Eosin Methylene Blue Agar

Eosin Methylene Blue (or EMB) Agar is a Selective & Differential Medium.  The selective and differential aspects are due to the dyes Eosin Y and Methylene Blue, and the sugars lactose and sucrose in the medium.  It is Selective because it encourages some bacteria to grow while inhibiting others.  Eosin Y and Methylene Blue generally inhibits Gram positive bacteria from growing (a few will grow) and generally allow Gram negative organism to grow (some will not grow).

The medium is Differential because of the dyes Eosin Y and Methylene Blue, and the sugars lactose and sucrose.  The dyes turn darker as the pH lowers, starting with colorless off-white colonies (or a very light and dull pink), to pink, to purple, to dark green with a metalic sheen.  This darkening may only be in the colony center and may sometimes be so dark that it appears black.  If either of the two sugars is utilized, the acid products will reduce the pH.  Strong lactose and sucrose utilization will lower the pH further than weak utilization.  These plates differentiate between species and their ability to lower the pH.

Purpose:  to select for and isolate Gram negative organisms, to select for and isolate coliforms, and to differentiate among the family of Enterobacteriaceae.  Its main use is to isolate fecal coliforms and to detect for fecal contamination.  Both the Gram negative selection and the detection of coliforms is imperfect, a small percentage of strains do not act as expected.


  1. Appropriately label you plates.  Mark the dish bottom into thirds and label what species will be in each section.  It is best to label the side of the bottom plate or write on the bottom in tiny letters so that you will be able to observe the growth clearly.
  2. Inoculate one third with your unknown streak for isolated colonies if possible.  Isolated colonies work best for this test but it is not essential.
  3. Inoculate one third with E. coli, and the other third with S. epidermidis.  Generally it is best to keep E. coli well away from the other cultures because it may overgrow them.  (Streak only one species/third, don't mix the bacteria!  See later for how to do this quickly.)
  4. You will want to compare the growth on these plates to growth inoculated on a general purpose media such as NA. or TSA.
  5. Incubate your plates upside down in the incubator at 35-37 C for 1-2 days.  If possible, exam plates at both 1 and 2 days.
  6. Slow growing species may require a day or two of additional growth.
  1. Compare your growth on these plates to growth on a general purpose media.  (If no growth on the general purpose media, discard your results and repeat the test.)  Look for the presence or absence of growth, and if there is growth if it is reduced from normal.  
  2. If there is growth, check to see the color of the growth.  Is the growth essentially colorless, bright pink, purplish, or greenish with a metallic sheen?  To obtain your results, use the darkest color areas which may be only in the centers of the colonies.
  3. One predicts that if an organism grows well on EMB Agar, it is most likely Gram negative, otherwise it is most likely Gram positive.  And if the growth is good and pink or darker, it is most likely a coliform, otherwise it is likely a noncoliform.  If the colonies are darker than pink (purplish, greenish with a metallic sheen, or even blackish), the organisms highly utilize the sugars lactose/sucrose and have highly lowered the pH.

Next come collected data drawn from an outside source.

//! The causes of duties, by number.

/// The first monitoring of a component (40 CFR 60.482-2a(a)(1), 60.482-7a(a)(2)).
pub const CAUSE_FIRST: u8 = 1;

/// Monthly monitoring (40 CFR 60.482-2a(a)(1), 60.482-7a(a)(1)).
pub const CAUSE_MONTHLY: u8 = 2;

/// Quarterly monitoring (40 CFR 60.482-7a(c)(1)).
pub const CAUSE_QUARTERLY: u8 = 3;

/// Yearly monitoring (40 CFR 60.482-2a(e), 60.482-3a(i), 60.482-7a(f), (h)).
pub const CAUSE_YEARLY: u8 = 4;

/// Monitoring by the written plan (40 CFR 60.482-2a(g)(2), 60.482-7a(g)(2)).
pub const CAUSE_PLAN: u8 = 5;

/// The weekly visual inspection of a pump (40 CFR 60.482-2a(a)(2)).
pub const CAUSE_WEEKLY: u8 = 6;

/// The reading or designation after drips (40 CFR 60.482-2a(b)(2)).
pub const CAUSE_DRIP: u8 = 7;

/// The reading after a pressure release (40 CFR 60.482-4a(b)(2)).
pub const CAUSE_RELEASE: u8 = 8;

/// The reading after evidence of a potential leak (40 CFR 60.482-8a(a)).
pub const CAUSE_EVIDENCE: u8 = 9;
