use fact_kinds::Key;

/// An election of the skip period program (40 CFR 60.483-2a): mode 1 or 3, or 0 for none.
#[derive(Clone, Copy, Debug, PartialEq, Eq)]
pub struct ElectionEntry {
    pub key: Key,
    pub mode: u8,
}
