//! Quarters of a process unit and their months (40 CFR 60.481a, 60.482-7a(c)). `startup` is the unit's. A month is
//! given by its number, since it may be the one after the calendar's last month.

ghost use Rattle.std.specs.Prelude.{◌≡◌, ◌≤◌};
ghost use Rattle.ldar_law.specs.Months as months;
ghost use Rattle.ldar_law.specs.Percent as law;
ghost use Rattle.ldar_law.specs.declared.numbers.TheConstants.{LAST_FACT_DAY};

use ldar_days::{Day, first_quarter, quarter_last, quarter_of};

/// Whether the day is in the quarter.
pub fn is_in_quarter(startup: Day, quarter: u16, day: Day) -> bool
    requires startup { startup ≤ LAST_FACT_DAY }
    ensures value { result ≡ law.is_in_quarter startup quarter day }
{
    match quarter_of(startup, day.month()) {
        Some(number) => number == quarter,
        None => false,
    }
}

/// The day on which a view of the day judges a quarter: the quarter's last day, or the view's day if that is earlier.
pub fn judging_day(startup: Day, quarter: u16, day: Day) -> Day
    requires startup { startup ≤ LAST_FACT_DAY }
    requires quarter { 1 ≤ quarter }
    ensures value { result ≡ law.judging_day startup quarter day }
{
    quarter_last(startup, quarter).min(day)
}

/// The first month of the quarter that contains the month.
pub fn quarter_start(startup: Day, month: u32) -> u32
    requires startup { startup ≤ LAST_FACT_DAY }
    ensures value { result ≡ months.quarter_start startup month }
{
    let first = first_quarter(startup).number();
    first + month.saturating_sub(first) / 3 * 3
}

/// The month's number in its quarter, from 1 to 3.
pub fn month_in_quarter(startup: Day, month: u32) -> u32
    requires startup { startup ≤ LAST_FACT_DAY }
    ensures value { result ≡ months.month_in_quarter startup month }
{
    month.saturating_sub(first_quarter(startup).number()) % 3 + 1
}
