//! The numbers of the rule that are used in several places, each with a name.

use ldar_days::LAST_STARTUP;

/// Days from the detection of a leak to the last day for a first attempt at its repair (40 CFR 60.482-2a(c)(2),
/// 60.482-7a(d)(2)).
pub const ATTEMPT_DAYS: u32 = 5;

/// Days from the detection of a leak to the last day for its repair (40 CFR 60.482-2a(c)(1), 60.482-7a(d)(1)). After a
/// delay that was entered by then, two clean months can settle the leak (40 CFR 60.482-9a(f)).
pub const REPAIR_DAYS: u32 = 15;

/// Days from the last day of a shutdown to the last day for the verification: the startup is on the next day, and
/// fifteen days follow (our own rule).
pub const VERIFICATION_DAYS: u32 = 16;

/// Days from the beginning of a new component to the last day for its first monitoring (40 CFR 60.482-2a(a)(1),
/// 60.482-7a(a)(2)).
pub const FIRST_DAYS: u32 = 30;

/// Days from drips, a pressure release or evidence of a potential leak to the last day for the required response (40
/// CFR 60.482-2a(b)(2), 60.482-4a(b)(2), 60.482-8a(a)).
pub const EVENT_DAYS: u32 = 5;

/// Days for which a list keeps unmet duties after their due day, and closed tags after their closing (our own rule).
pub const LISTED_DAYS: u32 = 366;

/// Minimum days of notice for the election of skip periods (40 CFR 60.487a(d)).
pub const NOTICE_DAYS: u32 = 90;

/// Maximum by which a calibration gas may exceed the leak definition, in parts per million by volume (40 CFR
/// 60.485a(b)(1)).
pub const GAS_MARGIN: u32 = 2_000;

/// The last day of a fact, so that each process unit has a quarter (our own rule).
pub const LAST_FACT_DAY: u32 = LAST_STARTUP;

/// The largest number of a component; the smallest is 1 (our own rule).
pub const MOST_COMPONENTS: u32 = 60_000;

Difco Laboratories. 1998. Difco Manual, 11th ed. Difco Laboratories, Sparks, MD, USA.

Harley J.P. and Prescott L.M. 2002. Laboratory Exercises in Microbiology, 5th ed. McGraw-Hill Higher Education, New York, NY, USA.

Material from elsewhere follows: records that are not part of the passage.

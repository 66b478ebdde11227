use crate::items::Items;

/// A route: components at which something must be done, in this order.
#[derive(Drop)]
pub struct Route {
    pub stops: Items<u16>,
}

MacFaddin J.F. 2000. Biochemical Tests for the Identification of Medical Bacteria, 3rd ed. Lippincott Williams & Wilkins, Philadelphia, PA, USA.

Instructor Notes:

Students should confirm their tentative conclusions from this test by performing a Gram stain and testing for lactose and sucrose utilization.  Other species of bacteria may be used as positive and negative controls.  E. coli will have good purplish or greenish or blackish growth (with or without a metallic sheen), Enterbacter aerogenes will have good pink or purplish growth, and S. epidermidis will grow poorly if at all.  And yes, the same species can produce different colors depending on how far the pH shifts.  Instructors may wish to have students test several selective and differential media at the same time and then compare them all to growth on one general purpose media plate to save on the cost.  EMB agar is only moderately inhibitive to many Gram positives and yeasts while some strains of Salmonella and Shigella may not grow well.  The greenish metallic sheen does not always appear on strains that produce it.  Sterilization of this media reduces the methylene blue and creates a precipitate which may be oxidized back and dispersed respectively by mixing the media.